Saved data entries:
//! Polynomials taken at moved points: the powers of the variables are expanded, one variable after the other.

ghost use Rattle.std.specs.Prelude.{◌≡◌, ℕ, ◌*◌, ◌%◌, ◌<◌, ◌≤◌, List, [], ◌∷◌, ◌++◌, length, set, take, slice_index, EachIndex, IfOk, OnOk};
ghost use Rattle.prime_field.specs.Modulus.{value_of};
ghost use Rattle.poly_maps.specs.Mono.{HasEight};
ghost use Rattle.poly_maps.specs.Polynomial.{coefficient, value_at, AreResidues, IsPolynomial, Supported};
ghost use Rattle.poly_maps.specs.Moved.{moved, point_sum};
ghost use Rattle.poly_maps.specs.Shifted.{negatives, IsMoved};
ghost use Rattle.poly_maps.specs.Bound.{IsWithin};
ghost use Rattle.poly_maps.specs.declared.bound.Bound.{Bound};
ghost use Rattle.poly_maps.specs.Expansion.{residues, times_sum, power_row, spread, alone, IsPowerRow, AreMoved};

use crate::{Mono, NoMemory, Point, Poly};
use prime_field::Modulus;
use std::alloc::Global;

/// The monomial with another exponent of the variable `i`.
fn with_exponent(mono: &Mono, i: usize, exponent: u16) -> Mono
    requires { i < 8 }
    ensures { result ≡ set mono.now i exponent }
{
    let mut exponents = *mono.exponents();
    exponents[i] = exponent;
    Mono::new(exponents)
}

/// Multiplies the polynomial in one variable x with these coefficients, the lowest first, by `x + a`. The answer is the
/// highest coefficient of the product, for which the slice has no place.
fn multiply_by_sum(m: Modulus, row: &mut [u64], a: u64) -> u64
    requires residue { a < value_of m }
    requires residues { EachIndex row.old (λ k. slice_index row.old k < value_of m) }
    ensures product { row.new ++ result ∷ [] ≡ residues (value_of m) (times_sum a 0 row.old) }
{
    let mut below = 0;
    for entry in row.iter_mut() {
        let own = *entry;
        *entry = m.add(below, m.mul(a, own));
        below = own;
    }
    below
}

/// Makes of the coefficients of some power of `x + a` those of the power `k`.
fn raise(m: Modulus, row: &mut Vec<u64>, a: u64, k: usize) -> Result<(), NoMemory>
    requires residue { a < value_of m }
    requires row { IsPowerRow (value_of m) a row.old.items }
    requires few { k < 65536 }
    ensures { OnOk result (row.new.items ≡ residues (value_of m) (power_row a k)) }
{
    if row.len() > k + 1 {
        row.clear();
        row.push(1)?;
    }
    while row.len() <= k {
        let highest = multiply_by_sum(m, row, a);
        row.push(highest)?;
    }
    Ok(())
}

/// Appends the terms that have the entries of the row, times the term's coefficient, where the variable `i` has the
/// exponents 0, 1 and so on.
fn push_spread(
    m: Modulus,
    term: &(Mono, u64),
    i: usize,
    row: &[u64],
    out: &mut Vec<(Mono, u64)>,
) -> Result<(), NoMemory>
    requires place { i < 8 }
    requires residue { term.now.1 < value_of m }
    requires residues { EachIndex row.now (λ k. slice_index row.now k < value_of m) }
    requires few { length row.now ≤ 65536 }
    ensures { OnOk result (out.new.items ≡ out.old.items ++ spread (λ r. (term.now.1 * r) % value_of m) term.now.0 i 0 row.now) }
{
    for (j, r) in row.iter().enumerate() {
        out.push((with_exponent(&term.0, i, j as u16), m.mul(term.1, *r)))?;
    }
    Ok(())
}

/// The terms of the polynomial with these terms, moved by `a` in the variable `i`. A monomial may come more than once.
fn moved_terms(
    alloc: Global,
    m: Modulus,
    terms: &[(Mono, u64)],
    i: usize,
    a: u64,
) -> Result<Vec<(Mono, u64)>, NoMemory>
    requires place { i < 8 }
    requires residue { a < value_of m }
    requires residues { AreResidues (value_of m) terms.now }
    requires eight { Supported HasEight terms.now }
    ensures { IfOk result (λ new. AreMoved (value_of m) i a terms.now new.items) }
{
    let mut out = Vec::new(alloc);
    let mut row = Vec::new(alloc);
    row.push(1)?;
    for n in (0..terms.len()).rev() {
        let term = &terms[n];
        raise(m, &mut row, a, term.0.exponent(i) as usize)?;
        push_spread(m, term, i, &row, &mut out)?;
    }
    Ok(out)
}

/// The polynomial moved by `a` in the variable `i`.
fn moved_in(poly: Poly, m: Modulus, i: usize, a: u64) -> Result<Poly, NoMemory>
    requires place { i < 8 }
    requires residue { a < value_of m }
    requires residues { AreResidues (value_of m) poly }
    ensures coefficients { IfOk result (λ p. (e : List ℕ) → coefficient e p ≡ coefficient e (moved (alone i a) poly) % value_of m) }
    ensures residues { IfOk result (AreResidues (value_of m)) }
{
    let terms = poly.terms();
    if a == 0 {
        return Ok(poly);
    }
    Poly::from_terms(m, moved_terms(poly.allocator(), m, terms, i, a)?)
}

/// The polynomial with these terms, taken at `x + s`. Where `s` has fewer entries than there are variables, the missing
/// ones are 0.
pub(crate) fn moved_by(
    alloc: Global,
    m: Modulus,
    terms: &[(Mono, u64)],
    s: &[u64],
) -> Result<Poly, NoMemory>
    requires places { length s.now ≤ 8 }
    requires point { EachIndex s.now (λ k. slice_index s.now k < value_of m) }
    requires polynomial { IsPolynomial terms.now }
    requires residues { AreResidues (value_of m) terms.now }
    ensures { IfOk result (IsMoved (value_of m) s.now terms.now) }
{
    let mut moved = Poly::from_terms(m, Vec::from_slice(alloc, terms)?)?;
    for (i, a) in s.iter().enumerate() {
        moved = moved_in(moved, m, i, *a)?;
    }
    let _terms = moved.terms();
    Ok(moved)
}

/// The residues whose sums with the entries are 0, in the first places.
fn negated(m: Modulus, entries: &[u64]) -> [u64; 8]
    requires places { length entries.now ≤ 8 }
    requires residues { EachIndex entries.now (λ k. slice_index entries.now k < value_of m) }
    ensures { take (length entries.now) result ≡ negatives (value_of m) entries.now }
{
    let mut all = [0; 8];
    for (i, a) in entries.iter().enumerate() {
        all[i] = m.neg(*a);
    }
    all
}

impl Poly {
    /// The polynomial of `x - s`. Where `s` has fewer entries than there are variables, the missing ones are 0.
    pub fn shift_back(&self, m: Modulus, s: &Point) -> Result<Poly, NoMemory>
        requires { AreResidues (value_of m) self.now }
        ensures coefficients { IfOk result (λ p. (e : List ℕ) → coefficient e p ≡ coefficient e (moved (negatives (value_of m) s.now) self.now) % value_of m) }
        ensures residues { IfOk result (AreResidues (value_of m)) }
        ensures polynomial { IfOk result IsPolynomial }

        // What follows from the coefficients: the values, the degrees, and the way back.
        ensures value { IfOk result (λ p. (y : List ℕ) → value_at p y % value_of m ≡ value_at self.now (point_sum y (negatives (value_of m) s.now)) % value_of m) }
        ensures degrees { IfOk result (λ p. (b : Bound) → IsWithin b self.now → IsWithin b p) }
        ensures back { IfOk result (λ p. (e : List ℕ) → coefficient e (moved s.now p) % value_of m ≡ coefficient e self.now) }
    {
        let entries = s.entries();
        let negatives = negated(m, entries);
        moved_by(
            self.allocator(),
            m,
            self.terms(),
            &negatives[..entries.len()],
        )
    }
}

#[cfg(test)]
mod tests {
    use super::*;
    use std::test::Fail;

    /// `x^i * y^j`
    fn power(i: u16, j: u16) -> Mono {
        Mono::new([i, j, 0, 0, 0, 0, 0, 0])
    }

    #[test]
    fn terms_of_a_moved_polynomial_at_both_moduli(rt: HostRuntime) -> Result<(), Fail> {
        for m in [Modulus::first(), Modulus::second()] {
            // x^2*y becomes (x - 1)^2 * (y - 2).
            let mut poly = Poly::zero(rt.alloc());
            poly.add_term(m, power(2, 1), 1)?;
            let shifted = poly.shift_back(m, &Point::of(&[1, 2]))?;
            let minus_two = m.value() - 2;
            let wanted = [
                (power(2, 1), 1),
                (power(2, 0), minus_two),
                (power(1, 1), minus_two),
                (power(1, 0), 4),
                (power(0, 1), 1),
                (power(0, 0), minus_two),
            ];
            assert_eq!(rt; shifted.terms(), wanted.as_slice());
        }
        Ok(())
    }

    #[test]
    fn variables_past_the_point_stay(rt: HostRuntime) -> Result<(), Fail> {
        let m = Modulus::first();
        let mut poly = Poly::zero(rt.alloc());
        poly.add_term(m, power(0, 3), 7)?;
        let shifted = poly.shift_back(m, &Point::of(&[5]))?;
        assert_eq!(rt; shifted.terms(), poly.terms());
        Ok(())
    }
}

### Task brief
A single figure is required: the number of lines above in which the string "Rattle" appears.

### Exercise solution
9